→ WHAT YOU ARE ASKED TO DO
In how many lines of the data below does the word "IfOk" appear? Reply with the number and nothing more.

[Collected data entries]
____________
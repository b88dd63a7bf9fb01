//! Bounded runs: what a function of a module does on arguments and a memory.
//!
//! `run` is the one entry point. It takes any module, any arguments and any memory: shapes that do not fit are undefined behaviour.
//! It fails for want of memory alone.
#![tactic(auto)]

ghost use Rattle.std.specs.Prelude.{◌≡◌, IfOk};
ghost use Rattle.ir_model.specs.Run.{run_of};

mod accesses;
mod addresses;
mod blocks;
mod bytes;
mod environment;
mod functions;
mod lanes;
mod noalias;
mod pairing;
mod slots;
mod step;
mod values;
mod vectors;

use functions::{function_at, run_func};
use ir_model::{Memory, Outcome, Values, runs_are_call_free};
use ir_types::Module;
use std::alloc::Global;
use vx_list::OutOfMemory;

/// The outcome of the function of a number, from 0 among the functions of the profile, on arguments and a memory, under a bound on
/// the blocks that run.
pub fn run(
    alloc: Global,
    m: &Module,
    func: u32,
    args: &Values,
    memory: Memory,
    bound: u64,
) -> Result<Outcome, OutOfMemory>
    ensures { IfOk result (λ outcome. outcome ≡ run_of m.now func args.now memory bound) }
{
    runs_are_call_free();
    match function_at(m.items.as_slice(), func) {
        Some(found) => run_func(alloc, m.globals.len(), found, args, memory, bound),
        None => Ok(Outcome::Undefined),
    }
}

#[cfg(test)]
mod tests;
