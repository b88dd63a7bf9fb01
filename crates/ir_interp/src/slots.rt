//! What is known of ids: an item for each, in a slot of its own.
//!
//! The slots are a table of ids, which serves every module, whatever its ids are. What fails fails for want of memory alone, and
//! then the slots are no longer of use.

ghost use Rattle.std.specs.Prelude.{◌≡◌, IfOk, OnOk};
ghost use Rattle.std.specs.Option.{option_copied};
ghost use Rattle.ir_types.specs.declared.id.Id.{Id};
ghost use Rattle.ir_types.specs.IdTable.{found};
ghost use Rattle.ir_interp.specs.Slots.{over, with_item};

use ir_types::{Id, IdTable};
use std::alloc::Global;
use vx_list::OutOfMemory;

/// An item for each of some ids.
#[derive(Drop)]
pub(crate) struct Slots<T> {
    items: IdTable<T>,
}

impl<T: Drop> Slots<T> {
    /// No slot.
    pub(crate) fn new(alloc: Global) -> Slots<T>
        ensures { (rest : Id → T) → over result.items rest ≡ rest }
    {
        Slots {
            items: IdTable::new(alloc),
        }
    }

    /// The item of an id, if it has one.
    pub(crate) fn get(&self, id: Id) -> Option<&T>
        ensures { option_copied result ≡ found self.now.items id }
    {
        self.items.get(id)
    }

    /// Gives an id an item, whatever it had.
    pub(crate) fn set(&mut self, id: Id, item: T) -> Result<(), OutOfMemory>
        ensures { OnOk result ((rest : Id → T) → over self.new.items rest ≡ with_item (over self.old.items rest) id item) }
    {
        self.items.set(id, item)?;
        Ok(())
    }

    /// Gives an id an item where it has none.
    pub(crate) fn add(&mut self, id: Id, item: T) -> Result<(), OutOfMemory>
        ensures { OnOk result ((rest : Id → T) → over self.new.items rest ≡ over self.old.items (with_item rest id item)) }
    {
        if self.items.get(id).is_none() {
            self.items.set(id, item)?;
        }
        Ok(())
    }
}
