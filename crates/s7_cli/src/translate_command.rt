ghost use Rattle.std.specs.Prelude.{ℕ, ◌≤◌, List, [], ◌∷◌, length, Some};
ghost use Rattle.stl_lexer.specs.Limits.{source_limit};
ghost use Rattle.stl_symbols.specs.declared.languages.Language.TheVariants.{English, German};
ghost use Rattle.s7_cli.specs.Command.{Translate};
ghost use Rattle.s7_cli.specs.Ends.{EndsWithStatus, sink_moments};
ghost use Rattle.s7_cli.specs.Inner.{ComesBeforeLine, CommandComesTo};
ghost use Rattle.s7_cli.specs.Reading.{disk_moments};
ghost use Rattle.s7_cli.specs.StatusTable.{StatusTable};

use crate::failures::{ExitStatus, Failure, File};
use crate::files::read_file;
use crate::finish::{end_command, write_output};
use crate::translating::translated_source;
use plc_io::{Files, Sink};
use std::alloc::Global;
use stl_symbols::Language;

/// Writes the translation of a source, and then `OK`.
fn translate_text<F: Files, K: Sink>(
    alloc: Global,
    language: Language,
    source: &[u8],
    translation: &str,
    files: &mut F,
    out: &mut K,
) -> Result<(), Failure>
    requires { length source.now ≤ source_limit }
    ensures { let went = disk_moments (F.shown files.old) (F.shown files.new) in
        let took = sink_moments (K.shown out.old) (K.shown out.new) in
        (src : List ℕ)
        → CommandComesTo (Translate language src translation.now) (source.now ∷ []) went took
        result }
{
    let text = translated_source(alloc, language, source)?;
    write_output(files, out, translation, &text)
}

/// Reads a source, writes its translation, and then `OK`.
fn translate<F: Files, K: Sink>(
    alloc: Global,
    language: Language,
    src: &str,
    translation: &str,
    files: &mut F,
    out: &mut K,
) -> Result<(), Failure>
    ensures { let went = disk_moments (F.shown files.old) (F.shown files.new) in
        let took = sink_moments (K.shown out.old) (K.shown out.new) in
        ComesBeforeLine (Some (Translate language src.now translation.now)) went took result }
{
    let source = read_file(alloc, files, File::Source, src)?;
    translate_text(alloc, language, &source, translation, files, out)
}

/// Makes the translation of the source in the file `src` to the mnemonics of a language the whole
/// of the file `translation`, and then writes `OK`; or writes the line of a refusal, and no file.
pub fn cmd_translate<F: Files, K: Sink>(
    alloc: Global,
    language: Language,
    src: &str,
    translation: &str,
    files: &mut F,
    out: &mut K,
) -> ExitStatus
    ensures ends { let went = disk_moments (F.shown files.old) (F.shown files.new) in
        EndsWithStatus (Some (Translate language src.now translation.now)) went
        (sink_moments (K.shown out.old) (K.shown out.new)) result.code }
    ensures table { let went = disk_moments (F.shown files.old) (F.shown files.new) in
        StatusTable (Some (Translate language src.now translation.now)) went
        (sink_moments (K.shown out.old) (K.shown out.new)) result.code }
{
    let came = translate(alloc, language, src, translation, files, out);
    end_command(out, came)
}

/// Makes the translation of the source in the file `src` from German mnemonics to English ones the
/// whole of the file `translation`, and then writes `OK`; or writes the line of a refusal, and no
/// file. Both may be the same file.
pub fn cmd_english<F: Files, K: Sink>(
    alloc: Global,
    src: &str,
    translation: &str,
    files: &mut F,
    out: &mut K,
) -> ExitStatus
    ensures ends { let went = disk_moments (F.shown files.old) (F.shown files.new) in
        EndsWithStatus (Some (Translate English src.now translation.now)) went
        (sink_moments (K.shown out.old) (K.shown out.new)) result.code }
    ensures table { let went = disk_moments (F.shown files.old) (F.shown files.new) in
        StatusTable (Some (Translate English src.now translation.now)) went
        (sink_moments (K.shown out.old) (K.shown out.new)) result.code }
{
    cmd_translate(alloc, Language::English, src, translation, files, out)
}

/// Makes the translation of the source in the file `src` from English mnemonics to German ones the
/// whole of the file `translation`, as `cmd_english` does the other way.
pub fn cmd_german<F: Files, K: Sink>(
    alloc: Global,
    src: &str,
    translation: &str,
    files: &mut F,
    out: &mut K,
) -> ExitStatus
    ensures ends { let went = disk_moments (F.shown files.old) (F.shown files.new) in
        EndsWithStatus (Some (Translate German src.now translation.now)) went
        (sink_moments (K.shown out.old) (K.shown out.new)) result.code }
    ensures table { let went = disk_moments (F.shown files.old) (F.shown files.new) in
        StatusTable (Some (Translate German src.now translation.now)) went
        (sink_moments (K.shown out.old) (K.shown out.new)) result.code }
{
    cmd_translate(alloc, Language::German, src, translation, files, out)
}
____________
→ RESULT FOR THIS TASK
3